About this exercise
Please restate the data exactly, from the first line to the last.

Extracted records
══════════════════════════════
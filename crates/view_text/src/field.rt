// The field of a picture.
ghost use Rattle.std.specs.Prelude.{◌≡◌, ◌<◌, ◌≤◌, ◌-ℤ◌, max, min, unsigned_abs};
ghost use Rattle.lift_base.specs.Outside.{Wrote};
ghost use Rattle.lift_grid.specs.Rectangle.{spans_of};
ghost use Rattle.view_map.specs.Share.{is_kind};
ghost use Rattle.view_map.specs.Slice.{meets_all};
ghost use Rattle.view_text.specs.Field.{band, canvas, canvas_place, is_of, is_shown, is_wide, leaf_outline, outline};
ghost use Rattle.view_text.specs.Field.{outlines, shown_outline};
ghost use Rattle.view_text.specs.declared.layer.Layer.TheVariants.{Borders, Leaves};
ghost use Rattle.view_text.specs.Picture.{field_text, path_text};
ghost use Rattle.view_text.specs.Style.{each_kind};

use crate::layer::Layer;
use crate::style::{PATH_END, field_end, field_start, write_path_start};
use lift_base::{Sink, Word, WriteFault, write_all, write_words, writes_in_turn};
use view_map::{LeafKind, Part, ReportMap, Slice, span_at};

/// How many units the canvas has in each direction.
const CANVAS: u64 = 1 << 20;

/// How many units a leaf with a border has at least in each direction.
const BORDERED: u64 = 1 << 14;

// How far two numbers are apart.
fn distance(a: i64, b: i64) -> u64
    ensures { result ≡ unsigned_abs (a -ℤ b) }
{
    a.abs_diff(b)
}

fn at_least_one(n: u64) -> u64
    ensures value { result ≡ max n 1 }
    ensures positive { 0 < result }
{
    if n == 0 { 1 } else { n }
}

fn at_most_canvas(n: u128) -> u64
    ensures value { result ≡ min n canvas }
    ensures within { result ≤ canvas }
{
    if n < u128::from(CANVAS) {
        n as u64
    } else {
        CANVAS
    }
}

// Where a number of a span stands on the canvas.
fn canvas_place(low: i64, high: i64, z: i64) -> u64
    ensures place { result ≡ canvas_place (low, high) z }
    ensures within { result ≤ canvas }
{
    let width = at_least_one(distance(high, low));
    let units = u128::from(distance(z, low)) * u128::from(CANVAS) / u128::from(width);
    at_most_canvas(units)
}

// From where to where a leaf reaches along an axis.
fn band(root: &[i64], axis: Option<u32>, part: &Part) -> (u64, u64)
    ensures band { result ≡ band (spans_of root.now) axis part.now }
    ensures from { result.0 ≤ canvas }
    ensures to { result.1 ≤ canvas }
{
    match axis {
        None => (0, CANVAS),
        Some(parameter) => {
            let whole = span_at(root, parameter);
            let span = part.span(parameter);
            (
                canvas_place(whole.0, whole.1, span.0),
                canvas_place(whole.0, whole.1, span.1),
            )
        }
    }
}

// Writes a rectangle.
fn write_outline<K: Sink>(out: &mut K, x: (u64, u64), y: (u64, u64)) -> Result<(), WriteFault>
    requires from { y.0 ≤ canvas }
    requires to { y.1 ≤ canvas }
    ensures { Wrote K.taken K.faults out.old out.new result (outline x y) }
{
    write_words(
        out,
        &[
            Word::Text(b"M"),
            Word::Count(x.0),
            Word::Text(b" "),
            Word::Count(CANVAS - y.0),
            Word::Text(b"H"),
            Word::Count(x.1),
            Word::Text(b"V"),
            Word::Count(CANVAS - y.1),
            Word::Text(b"H"),
            Word::Count(x.0),
            Word::Text(b"z"),
        ],
    )
}

fn is_kind(a: LeafKind, b: LeafKind) -> bool
    ensures { result ≡ is_kind a b }
{
    a == b
}

// Whether a band is so wide that two borders leave most of it to be seen.
fn is_wide(band: (u64, u64)) -> bool
    requires { band.0 ≤ canvas }
    ensures { result ≡ is_wide band }
{
    band.0 + BORDERED <= band.1
}

// Whether a leaf is wide both ways.
fn has_border(map: &ReportMap, slice: &Slice, part: &Part) -> bool
    ensures { result ≡ is_of map.now slice.now Borders part.now }
{
    let root = map.head().root().sides();
    is_wide(band(root, slice.x(), part)) && is_wide(band(root, slice.y(), part))
}

// Whether a leaf is one of that layer's.
fn is_of(map: &ReportMap, slice: &Slice, layer: Layer, part: &Part) -> bool
    ensures { result ≡ is_of map.now slice.now layer part.now }
{
    match layer {
        Layer::Leaves(kind) => is_kind(kind, part.kind()),
        Layer::Borders => has_border(map, slice, part),
    }
}

// Whether a leaf is one of that layer's and meets the slice.
fn is_shown(map: &ReportMap, slice: &Slice, layer: Layer, part: &Part) -> bool
    ensures { result ≡ is_shown map.now slice.now layer part.now }
{
    let head = map.head();
    let meets = slice.meets(head.grid().d, head.root().sides(), part);
    is_of(map, slice, layer, part) && meets
}

// Writes the rectangle of a leaf.
fn write_leaf<K: Sink>(
    out: &mut K,
    map: &ReportMap,
    slice: &Slice,
    part: &Part,
) -> Result<(), WriteFault>
    ensures { Wrote K.taken K.faults out.old out.new result
        (leaf_outline map.now.head.asked.root slice.now.x slice.now.y part.now) }
{
    let root = map.head().root().sides();
    write_outline(
        out,
        band(root, slice.x(), part),
        band(root, slice.y(), part),
    )
}

// Writes the rectangle of a leaf that is one of that layer's and meets the slice, and else nothing.
fn write_part<K: Sink>(
    out: &mut K,
    map: &ReportMap,
    slice: &Slice,
    layer: Layer,
    part: &Part,
) -> Result<(), WriteFault>
    ensures { Wrote K.taken K.faults out.old out.new result (shown_outline map.now slice.now layer part.now) }
{
    writes_in_turn::<K>();
    if is_shown(map, slice, layer, part) {
        write_leaf(out, map, slice, part)
    } else {
        Ok(())
    }
}

// Writes the rectangles of the leaves of a layer that meet the slice.
fn write_outlines<K: Sink>(
    out: &mut K,
    map: &ReportMap,
    slice: &Slice,
    layer: Layer,
) -> Result<(), WriteFault>
    ensures { Wrote K.taken K.faults out.old out.new result (outlines map.now slice.now layer) }
{
    writes_in_turn::<K>();
    for part in map.parts() {
        write_part(out, map, slice, layer, part)?;
    }
    Ok(())
}

// Writes the path of a layer: its rectangles.
fn write_path<K: Sink>(
    out: &mut K,
    map: &ReportMap,
    slice: &Slice,
    layer: Layer,
) -> Result<(), WriteFault>
    ensures { Wrote K.taken K.faults out.old out.new result (path_text map.now slice.now layer) }
{
    writes_in_turn::<K>();
    write_path_start(out, layer)?;
    write_outlines(out, map, slice, layer)?;
    write_all(out, PATH_END)
}

// Writes the path of each kind.
fn write_paths<K: Sink>(out: &mut K, map: &ReportMap, slice: &Slice) -> Result<(), WriteFault>
    ensures { Wrote K.taken K.faults out.old out.new result
        (each_kind (λ kind. path_text map.now slice.now (Leaves kind))) }
{
    writes_in_turn::<K>();
    write_path(out, map, slice, Layer::Leaves(LeafKind::Accept))?;
    write_path(out, map, slice, Layer::Leaves(LeafKind::Reject))?;
    write_path(out, map, slice, Layer::Leaves(LeafKind::Unknown))
}

/// Writes the field: the rectangles of each kind of leaf, and borders over them.
pub(crate) fn write_field<K: Sink>(
    out: &mut K,
    map: &ReportMap,
    slice: &Slice,
) -> Result<(), WriteFault>
    ensures { Wrote K.taken K.faults out.old out.new result (field_text map.now slice.now) }
{
    writes_in_turn::<K>();
    write_all(out, field_start(slice.y()))?;
    write_paths(out, map, slice)?;
    write_path(out, map, slice, Layer::Borders)?;
    write_all(out, field_end(slice.y()))
}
══════════════════════════════
Output for this exercise
filename crates/view_text/src/field.rt
// The field of a picture.
ghost use Rattle.std.specs.Prelude.{◌≡◌, ◌<◌, ◌≤◌, ◌-ℤ◌, max, min, unsigned_abs};
ghost use Rattle.lift_base.specs.Outside.{Wrote};
ghost use Rattle.lift_grid.specs.Rectangle.{spans_of};
ghost use Rattle.view_map.specs.Share.{is_kind};
ghost use Rattle.view_map.specs.Slice.{meets_all};
ghost use Rattle.view_text.specs.Field.{band, canvas, canvas_place, is_of, is_shown, is_wide, leaf_outline, outline};
ghost use Rattle.view_text.specs.Field.{outlines, shown_outline};
ghost use Rattle.view_text.specs.declared.layer.Layer.TheVariants.{Borders, Leaves};
ghost use Rattle.view_text.specs.Picture.{field_text, path_text};
ghost use Rattle.view_text.specs.Style.{each_kind};

use crate::layer::Layer;
use crate::style::{PATH_END, field_end, field_start, write_path_start};
use lift_base::{Sink, Word, WriteFault, write_all, write_words, writes_in_turn};
use view_map::{LeafKind, Part, ReportMap, Slice, span_at};

/// How many units the canvas has in each direction.
const CANVAS: u64 = 1 << 20;

/// How many units a leaf with a border has at least in each direction.
const BORDERED: u64 = 1 << 14;

// How far two numbers are apart.
fn distance(a: i64, b: i64) -> u64
    ensures { result ≡ unsigned_abs (a -ℤ b) }
{
    a.abs_diff(b)
}

fn at_least_one(n: u64) -> u64
    ensures value { result ≡ max n 1 }
    ensures positive { 0 < result }
{
    if n == 0 { 1 } else { n }
}

fn at_most_canvas(n: u128) -> u64
    ensures value { result ≡ min n canvas }
    ensures within { result ≤ canvas }
{
    if n < u128::from(CANVAS) {
        n as u64
    } else {
        CANVAS
    }
}

// Where a number of a span stands on the canvas.
fn canvas_place(low: i64, high: i64, z: i64) -> u64
    ensures place { result ≡ canvas_place (low, high) z }
    ensures within { result ≤ canvas }
{
    let width = at_least_one(distance(high, low));
    let units = u128::from(distance(z, low)) * u128::from(CANVAS) / u128::from(width);
    at_most_canvas(units)
}

// From where to where a leaf reaches along an axis.
fn band(root: &[i64], axis: Option<u32>, part: &Part) -> (u64, u64)
    ensures band { result ≡ band (spans_of root.now) axis part.now }
    ensures from { result.0 ≤ canvas }
    ensures to { result.1 ≤ canvas }
{
    match axis {
        None => (0, CANVAS),
        Some(parameter) => {
            let whole = span_at(root, parameter);
            let span = part.span(parameter);
            (
                canvas_place(whole.0, whole.1, span.0),
                canvas_place(whole.0, whole.1, span.1),
            )
        }
    }
}

// Writes a rectangle.
fn write_outline<K: Sink>(out: &mut K, x: (u64, u64), y: (u64, u64)) -> Result<(), WriteFault>
    requires from { y.0 ≤ canvas }
    requires to { y.1 ≤ canvas }
    ensures { Wrote K.taken K.faults out.old out.new result (outline x y) }
{
    write_words(
        out,
        &[
            Word::Text(b"M"),
            Word::Count(x.0),
            Word::Text(b" "),
            Word::Count(CANVAS - y.0),
            Word::Text(b"H"),
            Word::Count(x.1),
            Word::Text(b"V"),
            Word::Count(CANVAS - y.1),
            Word::Text(b"H"),
            Word::Count(x.0),
            Word::Text(b"z"),
        ],
    )
}

fn is_kind(a: LeafKind, b: LeafKind) -> bool
    ensures { result ≡ is_kind a b }
{
    a == b
}

// Whether a band is so wide that two borders leave most of it to be seen.
fn is_wide(band: (u64, u64)) -> bool
    requires { band.0 ≤ canvas }
    ensures { result ≡ is_wide band }
{
    band.0 + BORDERED <= band.1
}

// Whether a leaf is wide both ways.
fn has_border(map: &ReportMap, slice: &Slice, part: &Part) -> bool
    ensures { result ≡ is_of map.now slice.now Borders part.now }
{
    let root = map.head().root().sides();
    is_wide(band(root, slice.x(), part)) && is_wide(band(root, slice.y(), part))
}

// Whether a leaf is one of that layer's.
fn is_of(map: &ReportMap, slice: &Slice, layer: Layer, part: &Part) -> bool
    ensures { result ≡ is_of map.now slice.now layer part.now }
{
    match layer {
        Layer::Leaves(kind) => is_kind(kind, part.kind()),
        Layer::Borders => has_border(map, slice, part),
    }
}

// Whether a leaf is one of that layer's and meets the slice.
fn is_shown(map: &ReportMap, slice: &Slice, layer: Layer, part: &Part) -> bool
    ensures { result ≡ is_shown map.now slice.now layer part.now }
{
    let head = map.head();
    let meets = slice.meets(head.grid().d, head.root().sides(), part);
    is_of(map, slice, layer, part) && meets
}

// Writes the rectangle of a leaf.
fn write_leaf<K: Sink>(
    out: &mut K,
    map: &ReportMap,
    slice: &Slice,
    part: &Part,
) -> Result<(), WriteFault>
    ensures { Wrote K.taken K.faults out.old out.new result
        (leaf_outline map.now.head.asked.root slice.now.x slice.now.y part.now) }
{
    let root = map.head().root().sides();
    write_outline(
        out,
        band(root, slice.x(), part),
        band(root, slice.y(), part),
    )
}

// Writes the rectangle of a leaf that is one of that layer's and meets the slice, and else nothing.
fn write_part<K: Sink>(
    out: &mut K,
    map: &ReportMap,
    slice: &Slice,
    layer: Layer,
    part: &Part,
) -> Result<(), WriteFault>
    ensures { Wrote K.taken K.faults out.old out.new result (shown_outline map.now slice.now layer part.now) }
{
    writes_in_turn::<K>();
    if is_shown(map, slice, layer, part) {
        write_leaf(out, map, slice, part)
    } else {
        Ok(())
    }
}

// Writes the rectangles of the leaves of a layer that meet the slice.
fn write_outlines<K: Sink>(
    out: &mut K,
    map: &ReportMap,
    slice: &Slice,
    layer: Layer,
) -> Result<(), WriteFault>
    ensures { Wrote K.taken K.faults out.old out.new result (outlines map.now slice.now layer) }
{
    writes_in_turn::<K>();
    for part in map.parts() {
        write_part(out, map, slice, layer, part)?;
    }
    Ok(())
}

// Writes the path of a layer: its rectangles.
fn write_path<K: Sink>(
    out: &mut K,
    map: &ReportMap,
    slice: &Slice,
    layer: Layer,
) -> Result<(), WriteFault>
    ensures { Wrote K.taken K.faults out.old out.new result (path_text map.now slice.now layer) }
{
    writes_in_turn::<K>();
    write_path_start(out, layer)?;
    write_outlines(out, map, slice, layer)?;
    write_all(out, PATH_END)
}

// Writes the path of each kind.
fn write_paths<K: Sink>(out: &mut K, map: &ReportMap, slice: &Slice) -> Result<(), WriteFault>
    ensures { Wrote K.taken K.faults out.old out.new result
        (each_kind (λ kind. path_text map.now slice.now (Leaves kind))) }
{
    writes_in_turn::<K>();
    write_path(out, map, slice, Layer::Leaves(LeafKind::Accept))?;
    write_path(out, map, slice, Layer::Leaves(LeafKind::Reject))?;
    write_path(out, map, slice, Layer::Leaves(LeafKind::Unknown))
}

/// Writes the field: the rectangles of each kind of leaf, and borders over them.
pub(crate) fn write_field<K: Sink>(
    out: &mut K,
    map: &ReportMap,
    slice: &Slice,
) -> Result<(), WriteFault>
    ensures { Wrote K.taken K.faults out.old out.new result (field_text map.now slice.now) }
{
    writes_in_turn::<K>();
    write_all(out, field_start(slice.y()))?;
    write_paths(out, map, slice)?;
    write_path(out, map, slice, Layer::Borders)?;
    write_all(out, field_end(slice.y()))
}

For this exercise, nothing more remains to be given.